» Exercise brief
The entries below should be output exactly as written.

*** Opening of Provided information ***

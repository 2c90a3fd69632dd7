// Backwards along the steps of a trail, from a constraint that can't hold.
ghost use Rattle.std.specs.Prelude.{◌≡◌, ℕ, ◌<◌, length, map, reverse, false, Contains, IfOk, OnOk};
ghost use Rattle.pst_expr.specs.Tree.{Expression, view};
ghost use Rattle.pst_narrow.specs.Trail.{put_back};
ghost use Rattle.pst_narrow.specs.Local.{IsLocallyUnmet};
ghost use Rattle.pst_narrow.specs.Watch.{IsWatch, IsNumbered};
ghost use Rattle.pst_reasons.specs.Explained.{AreExplained};
ghost use Rattle.pst_reasons.specs.Firsts.{AreFirsts};
ghost use Rattle.pst_reasons.specs.Marks.{IsMarkedToo, AreMarked, AreUnmarked, NoneIsMarked};
ghost use Rattle.pst_reasons.specs.Reasons.{IsNamed, IsKnownCause, IsBack, AreReasons};

use crate::firsts::first_at;
use crate::marks::Marks;
use crate::step::{Cause, Given, Mark, Step};
use pst_base::NoMemory;
use pst_domain::Bounds;
use pst_expr::Expr;
use pst_narrow::{Former, Trail, Watch};
use std::alloc::Global;

// Marks a variable, where it was changed before a mark of the trail.
fn mark_if_changed(variable: u32, firsts: &[usize], mark: usize, marks: &mut Marks)
    requires { variable < length marks.old }
    ensures { IsMarkedToo variable firsts.now mark marks.old marks.new }
{
    let first = first_at(firsts, variable);
    if first >= mark {
        return;
    }
    marks.put(variable);
}

// Marks those of the variables that were changed before a mark of the trail.
fn mark_changed(variables: &[u32], firsts: &[usize], mark: usize, marks: &mut Marks)
    requires { (v : ℕ) → Contains variables.now v → v < length marks.old }
    ensures { AreMarked variables.now firsts.now mark marks.old marks.new }
{
    for variable in variables {
        mark_if_changed(*variable, firsts, mark, marks);
    }
}

// Takes the mark off a variable, where it wasn't changed before a mark of the trail.
fn unmark_if_unchanged(variable: u32, firsts: &[usize], mark: usize, marks: &mut Marks)
    ensures { AreUnmarked firsts.now mark marks.old marks.new }
{
    let first = first_at(firsts, variable);
    if first < mark {
        return;
    }
    marks.take(variable);
}

// Takes the marks off those that weren't changed before a mark of the trail.
fn unmark_unchanged(changes: &[Former], firsts: &[usize], mark: usize, marks: &mut Marks)
    ensures { AreUnmarked firsts.now mark marks.old marks.new }
{
    for change in changes {
        unmark_if_unchanged(change.variable, firsts, mark, marks);
    }
}

// Whether a variable that was changed is marked.
fn is_any_marked(marks: &Marks, changes: &[Former]) -> bool
    ensures { result ≡ false → NoneIsMarked marks.now changes.now }
{
    for change in changes {
        if marks.has(change.variable) {
            return true;
        }
    }
    false
}

// Names a place, and takes the mark off its variable.
fn name_given(
    place: u32,
    variable: u32,
    marks: &mut Marks,
    places: &mut Vec<u32>,
) -> Result<(), NoMemory>
    ensures { OnOk result (IsNamed place variable marks.old marks.new places.old.items places.new.items) }
{
    places.push(place)?;
    marks.take(variable);
    Ok(())
}

// Back over one step.
fn step_back(
    watch: &Watch,
    step: Step,
    changes: &[Former],
    firsts: &[usize],
    marks: &mut Marks,
    places: &mut Vec<u32>,
) -> Result<(), NoMemory>
    requires { IsKnownCause watch.now step.cause (length marks.old) }
    ensures { OnOk result (IsBack watch.now step.cause firsts.now step.mark changes.now marks.old marks.new places.old.items places.new.items) }
{
    if !is_any_marked(marks, changes) {
        return Ok(());
    }
    match step.cause {
        Cause::Constraint(number) => {
            mark_changed(watch.variables_of(number), firsts, step.mark, marks);
            unmark_unchanged(changes, firsts, step.mark, marks);
            Ok(())
        }
        Cause::Given(place) => match changes.first() {
            Some(change) => name_given(place, change.variable, marks, places),
            None => Ok(()),
        },
    }
}

/// Constraints with their index, the bounds of their variables, and by what these were moved.
#[derive(Drop)]
pub struct Narrowed {
    /// The constraints.
    pub constraints: Vec<Expr>,
    /// Their index.
    pub watch: Watch,
    /// The bounds as they are.
    pub bounds: Bounds,
    /// The changes that were made since the start.
    pub trail: Trail,
    /// By what, in the order in which they were made.
    pub steps: Vec<Step>,
    /// The spans that variables were given, in order.
    pub given: Vec<Given>,
    /// How much there was before each of these.
    pub marks: Vec<Mark>,
    /// Where on the trail each variable was changed first.
    pub(crate) firsts: Vec<usize>,
    /// Marks of variables, to be used again.
    pub(crate) flags: Marks,
}

impl Narrowed {
    /// On which of the given spans it rests that no values within the bounds meet a constraint: places of these, such
    /// that no values within the bounds at the start that lie in the spans given at these places meet all constraints.
    /// It ends as soon as no marked variable was changed any earlier.
    pub(crate) fn reasons(
        &self,
        alloc: Global,
        failed: u32,
        marks: &mut Marks,
    ) -> Result<Vec<u32>, NoMemory>
        requires watch { IsWatch (map view self.now.constraints.items) (length self.now.bounds) self.now.watch }
        requires explained { AreExplained (map view self.now.constraints.items) self.now.given.items (reverse self.now.steps.items) self.now.trail self.now.bounds }
        requires firsts { AreFirsts self.now.firsts.items self.now.trail }
        requires unmet { (e : Expression) × IsNumbered (map view self.now.constraints.items) failed e × IsLocallyUnmet e self.now.bounds }
        ensures { IfOk result (λ places. AreReasons (map view self.now.constraints.items) self.now.given.items (put_back self.now.trail self.now.bounds) places.items) }
    {
        marks.make_room(self.bounds.spans().len())?;
        let firsts = self.firsts.as_slice();
        let formers = self.trail.formers();
        let mut end = formers.len();
        mark_changed(self.watch.variables_of(failed), firsts, end, marks);
        let mut places = Vec::new(alloc);
        let mut left = self.steps.len();
        while left > 0 {
            if marks.is_empty() {
                return Ok(places);
            }
            left -= 1;
            let step = self.steps[left];
            let changes = &formers[step.mark..end];
            step_back(&self.watch, step, changes, firsts, marks, &mut places)?;
            end = step.mark;
        }
        Ok(places)
    }
}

*** Close of Provided information ***

» Completed task
repository 2c90a3fd69632dd7
// Backwards along the steps of a trail, from a constraint that can't hold.
ghost use Rattle.std.specs.Prelude.{◌≡◌, ℕ, ◌<◌, length, map, reverse, false, Contains, IfOk, OnOk};
ghost use Rattle.pst_expr.specs.Tree.{Expression, view};
ghost use Rattle.pst_narrow.specs.Trail.{put_back};
ghost use Rattle.pst_narrow.specs.Local.{IsLocallyUnmet};
ghost use Rattle.pst_narrow.specs.Watch.{IsWatch, IsNumbered};
ghost use Rattle.pst_reasons.specs.Explained.{AreExplained};
ghost use Rattle.pst_reasons.specs.Firsts.{AreFirsts};
ghost use Rattle.pst_reasons.specs.Marks.{IsMarkedToo, AreMarked, AreUnmarked, NoneIsMarked};
ghost use Rattle.pst_reasons.specs.Reasons.{IsNamed, IsKnownCause, IsBack, AreReasons};

use crate::firsts::first_at;
use crate::marks::Marks;
use crate::step::{Cause, Given, Mark, Step};
use pst_base::NoMemory;
use pst_domain::Bounds;
use pst_expr::Expr;
use pst_narrow::{Former, Trail, Watch};
use std::alloc::Global;

// Marks a variable, where it was changed before a mark of the trail.
fn mark_if_changed(variable: u32, firsts: &[usize], mark: usize, marks: &mut Marks)
    requires { variable < length marks.old }
    ensures { IsMarkedToo variable firsts.now mark marks.old marks.new }
{
    let first = first_at(firsts, variable);
    if first >= mark {
        return;
    }
    marks.put(variable);
}

// Marks those of the variables that were changed before a mark of the trail.
fn mark_changed(variables: &[u32], firsts: &[usize], mark: usize, marks: &mut Marks)
    requires { (v : ℕ) → Contains variables.now v → v < length marks.old }
    ensures { AreMarked variables.now firsts.now mark marks.old marks.new }
{
    for variable in variables {
        mark_if_changed(*variable, firsts, mark, marks);
    }
}

// Takes the mark off a variable, where it wasn't changed before a mark of the trail.
fn unmark_if_unchanged(variable: u32, firsts: &[usize], mark: usize, marks: &mut Marks)
    ensures { AreUnmarked firsts.now mark marks.old marks.new }
{
    let first = first_at(firsts, variable);
    if first < mark {
        return;
    }
    marks.take(variable);
}

// Takes the marks off those that weren't changed before a mark of the trail.
fn unmark_unchanged(changes: &[Former], firsts: &[usize], mark: usize, marks: &mut Marks)
    ensures { AreUnmarked firsts.now mark marks.old marks.new }
{
    for change in changes {
        unmark_if_unchanged(change.variable, firsts, mark, marks);
    }
}

// Whether a variable that was changed is marked.
fn is_any_marked(marks: &Marks, changes: &[Former]) -> bool
    ensures { result ≡ false → NoneIsMarked marks.now changes.now }
{
    for change in changes {
        if marks.has(change.variable) {
            return true;
        }
    }
    false
}

// Names a place, and takes the mark off its variable.
fn name_given(
    place: u32,
    variable: u32,
    marks: &mut Marks,
    places: &mut Vec<u32>,
) -> Result<(), NoMemory>
    ensures { OnOk result (IsNamed place variable marks.old marks.new places.old.items places.new.items) }
{
    places.push(place)?;
    marks.take(variable);
    Ok(())
}

// Back over one step.
fn step_back(
    watch: &Watch,
    step: Step,
    changes: &[Former],
    firsts: &[usize],
    marks: &mut Marks,
    places: &mut Vec<u32>,
) -> Result<(), NoMemory>
    requires { IsKnownCause watch.now step.cause (length marks.old) }
    ensures { OnOk result (IsBack watch.now step.cause firsts.now step.mark changes.now marks.old marks.new places.old.items places.new.items) }
{
    if !is_any_marked(marks, changes) {
        return Ok(());
    }
    match step.cause {
        Cause::Constraint(number) => {
            mark_changed(watch.variables_of(number), firsts, step.mark, marks);
            unmark_unchanged(changes, firsts, step.mark, marks);
            Ok(())
        }
        Cause::Given(place) => match changes.first() {
            Some(change) => name_given(place, change.variable, marks, places),
            None => Ok(()),
        },
    }
}

/// Constraints with their index, the bounds of their variables, and by what these were moved.
#[derive(Drop)]
pub struct Narrowed {
    /// The constraints.
    pub constraints: Vec<Expr>,
    /// Their index.
    pub watch: Watch,
    /// The bounds as they are.
    pub bounds: Bounds,
    /// The changes that were made since the start.
    pub trail: Trail,
    /// By what, in the order in which they were made.
    pub steps: Vec<Step>,
    /// The spans that variables were given, in order.
    pub given: Vec<Given>,
    /// How much there was before each of these.
    pub marks: Vec<Mark>,
    /// Where on the trail each variable was changed first.
    pub(crate) firsts: Vec<usize>,
    /// Marks of variables, to be used again.
    pub(crate) flags: Marks,
}

impl Narrowed {
    /// On which of the given spans it rests that no values within the bounds meet a constraint: places of these, such
    /// that no values within the bounds at the start that lie in the spans given at these places meet all constraints.
    /// It ends as soon as no marked variable was changed any earlier.
    pub(crate) fn reasons(
        &self,
        alloc: Global,
        failed: u32,
        marks: &mut Marks,
    ) -> Result<Vec<u32>, NoMemory>
        requires watch { IsWatch (map view self.now.constraints.items) (length self.now.bounds) self.now.watch }
        requires explained { AreExplained (map view self.now.constraints.items) self.now.given.items (reverse self.now.steps.items) self.now.trail self.now.bounds }
        requires firsts { AreFirsts self.now.firsts.items self.now.trail }
        requires unmet { (e : Expression) × IsNumbered (map view self.now.constraints.items) failed e × IsLocallyUnmet e self.now.bounds }
        ensures { IfOk result (λ places. AreReasons (map view self.now.constraints.items) self.now.given.items (put_back self.now.trail self.now.bounds) places.items) }
    {
        marks.make_room(self.bounds.spans().len())?;
        let firsts = self.firsts.as_slice();
        let formers = self.trail.formers();
        let mut end = formers.len();
        mark_changed(self.watch.variables_of(failed), firsts, end, marks);
        let mut places = Vec::new(alloc);
        let mut left = self.steps.len();
        while left > 0 {
            if marks.is_empty() {
                return Ok(places);
            }
            left -= 1;
            let step = self.steps[left];
            let changes = &formers[step.mark..end];
            step_back(&self.watch, step, changes, firsts, marks, &mut places)?;
            end = step.mark;
        }
        Ok(places)
    }
}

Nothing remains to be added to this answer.